** What to produce **
In the entries below, find each line bearing the string "store" and copy it.

--------

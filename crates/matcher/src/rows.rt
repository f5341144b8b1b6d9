ghost use Rattle.std.specs.Prelude.{◌≡◌, ◌+◌, ◌≤◌, true, vec_len, vec_capacity};
ghost use Rattle.matcher.specs.Tables.{nodes_of, spans, Deep};
ghost use Rattle.matcher.specs.Nodes.{valid, used, largest};

use crate::kind::Kind;

// One node: its kids are `count` numbers of the pool, from `first` on.
// Kids stand in one pool and not in a Vec for each node, since all memory is reserved when a table is made.
#[derive(Clone, Copy)]
pub(crate) struct Row {
    pub(crate) kind: Kind,
    pub(crate) number: u16,
    pub(crate) depth: u8,
    pub(crate) first: usize,
    pub(crate) count: usize,
}

// Rows and a pool of kids, both reserved to the limit.
// Ghost fields and no model: the laws of a store hold of every table, which a model's value alone would not show.
#[derive(Drop)]
pub(crate) struct Table {
    pub(crate) rows: Vec<Row>,
    pub(crate) pool: Vec<usize>,
    pub(crate) limit: usize,
    ghost granted: { valid limit (nodes_of rows.items pool.items) ≡ true },
    ghost small: { limit ≤ largest },
    ghost within: { spans (vec_len pool) rows.items ≡ true },
    ghost taken: { used (nodes_of rows.items pool.items) ≡ vec_len rows + vec_len pool },
    ghost deep: { Deep rows.items (nodes_of rows.items pool.items) },
    ghost rows_reserved: { limit ≤ vec_capacity rows },
    ghost pool_reserved: { limit ≤ vec_capacity pool },
}
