ghost use Rattle.std.specs.Prelude.{◌≡◌, ◌+◌, ◌-◌, ◌<◌, ◌≤◌, ◌&&◌, nat_lt, true, [], ◌∷◌, ◌++◌, length, IfOk, MatchResult, MatchOption, Some, None, vec_len, slice_index, slice_index_or};
ghost use Rattle.matcher.specs.Tables.{kids_of, row_says};
ghost use Rattle.matcher.specs.Held.{nodes_in, meant};
ghost use Rattle.matcher.specs.Nodes.{node_at_lem, fault, roomy, all_below, depth_over, depths, find, same_node, place, used, allocated, grown};
ghost use Rattle.values.specs.declared.refusal.Refusal.TheVariants.{NoNode};

use crate::node::Node;
use crate::rows::{Row, Table};
use std::alloc::{AllocError, Global};
use values::refusal::Refusal;

// The greatest depth of a node.
const DEEPEST: u8 = 64;

// The most kids of a node.
const WIDEST: usize = 64;

impl Table {
    #[tactic(auto, unfolding(crate::specs::Tables::nodes_of, crate::specs::Nodes::valid, crate::specs::Nodes::depths))]
    pub(crate) fn new(heap: Global, limit: u16) -> Result<Table, AllocError>
        ensures { IfOk result (λ t. (nodes_in t ≡ []) × (t.limit ≡ limit)) }
    {
        let limit = limit as usize;
        let rows = Vec::with_capacity(heap, limit)?;
        let pool = Vec::with_capacity(heap, limit)?;
        Ok(Table { rows, pool, limit })
    }

    #[tactic(auto, using(crate::proofs::Flats::long))]
    pub(crate) fn count(&self) -> usize
        ensures { result ≡ length (nodes_in self.now) }
    {
        self.rows.len()
    }

    // The row of a node.
    #[inline]
    fn row(&self, n: usize) -> Result<Row, Refusal>
        ensures { result ≡ row_says self.now.rows.items n (λ x. x) }
    {
        self.rows.get(n).copied().ok_or(Refusal::NoNode)
    }

    // The kids of a row.
    #[inline]
    fn kids(&self, row: Row) -> &[usize]
        requires { row.first + row.count ≤ vec_len self.now.pool }
        ensures { result.now ≡ kids_of self.now.pool.items row }
    {
        &self.pool[row.first..row.first + row.count]
    }

    // The node n.
    #[inline]
    pub(crate) fn node(&self, n: usize) -> Result<Node<'_>, Refusal>
        ensures { MatchResult result (λ d. (n < length (nodes_in self.now)) × (meant d ≡ node_at_lem (nodes_in self.now) n)) (λ e. (length (nodes_in self.now) ≤ n) × (e ≡ NoNode)) }
    {
        let row = self.row(n)?;
        Ok(Node {
            kind: row.kind,
            number: row.number,
            kids: self.kids(row),
        })
    }

    // The depth of a node, or 0.
    fn depth_at(&self, n: usize) -> u8
        ensures { result ≡ slice_index (depths (nodes_in self.now)) n }
    {
        self.rows.get(n).map_or(0, |row| row.depth)
    }

    // One more than the depth of the deepest kid.
    fn depth_over(&self, kids: &[usize]) -> u8
        ensures { result ≡ depth_over (depths (nodes_in self.now)) kids.now }
    {
        kids.iter().map(|k| self.depth_at(*k)).max().unwrap_or(0) + 1
    }

    // The first reason, other than room, why a node can't be added.
    #[tactic(auto, unfolding(crate::specs::Nodes::fault))]
    fn check(&self, node: Node<'_>) -> Result<(), Refusal>
        ensures { MatchResult result (λ _. fault (nodes_in self.now) (meant node.entry) ≡ None) (λ e. fault (nodes_in self.now) (meant node.entry) ≡ Some e) }
    {
        if !node.is_over(self.count()) {
            return Err(Refusal::NoNode);
        }
        if !node.is_formed() {
            return Err(Refusal::BadForm);
        }
        if self.depth_over(node.kids) > DEEPEST {
            return Err(Refusal::TooDeep);
        }
        if node.kids.len() > WIDEST {
            return Err(Refusal::TooWide);
        }
        Ok(())
    }

    // Whether the node n is equal to a node.
    fn is_node(&self, n: usize, node: Node<'_>) -> bool
        ensures { result ≡ (nat_lt n (length (nodes_in self.now)) && same_node (node_at_lem (nodes_in self.now) n) (meant node.entry)) }
    {
        self.node(n) == Ok(node)
    }

    // The lowest equal node, where the store shares.
    #[tactic(auto, unfolding(crate::specs::Nodes::place))]
    fn standing(&self, shares: bool, node: Node<'_>) -> Option<usize>
        ensures { MatchOption result (place shares (nodes_in self.now) (meant node.entry) ≡ length (nodes_in self.now)) (λ n. (n < length (nodes_in self.now)) × (n ≡ place shares (nodes_in self.now) (meant node.entry))) }
    {
        if shares {
            (0..self.count()).position(|n| self.is_node(n, node))
        } else {
            None
        }
    }

    // The places that are not taken.
    pub(crate) fn free_places(&self) -> usize
        ensures { result ≡ self.now.limit - used (nodes_in self.now) }
    {
        self.limit.saturating_sub(self.rows.len() + self.pool.len())
    }

    // Adds a node that can be added.
    fn add(&mut self, node: Node<'_>) -> usize
        requires fine { fault (nodes_in self.old) (meant node) ≡ None }
        requires room { roomy self.old.limit (nodes_in self.old) (meant node) ≡ true }
        ensures number { result ≡ length (nodes_in self.old) }
        ensures nodes { nodes_in self.new ≡ nodes_in self.old ++ meant node.entry ∷ [] }
        ensures limit { self.new.limit ≡ self.old.limit }
    {
        let n = self.rows.len();
        let first = self.pool.len();
        let row = Row {
            kind: node.kind,
            number: node.number,
            depth: self.depth_over(node.kids),
            first,
            count: node.kids.len(),
        };
        self.pool.extend_from_slice(node.kids).unwrap();
        self.rows.push_reserved(row);
        n
    }

    // Answers the node that stands or is added, or the first reason why it can't be.
    #[tactic(auto, unfolding(crate::specs::Nodes::allocated))]
    pub(crate) fn alloc(&mut self, shares: bool, node: Node<'_>) -> Result<usize, Refusal>
        ensures answer { result ≡ allocated shares self.old.limit (nodes_in self.old) (meant node.entry) }
        ensures nodes { nodes_in self.new ≡ grown (nodes_in self.old) (meant node.entry) result }
        ensures limit { self.new.limit ≡ self.old.limit }
    {
        self.check(node)?;
        if let Some(n) = self.standing(shares, node) {
            return Ok(n);
        }
        if self.free_places() < 1 + node.kids.len() {
            return Err(Refusal::NoRoom);
        }
        Ok(self.add(node))
    }
}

--------

** Answer **
// Ghost fields and no model: the laws of a store hold of every table, which a model's value alone would not show.
    // The lowest equal node, where the store shares.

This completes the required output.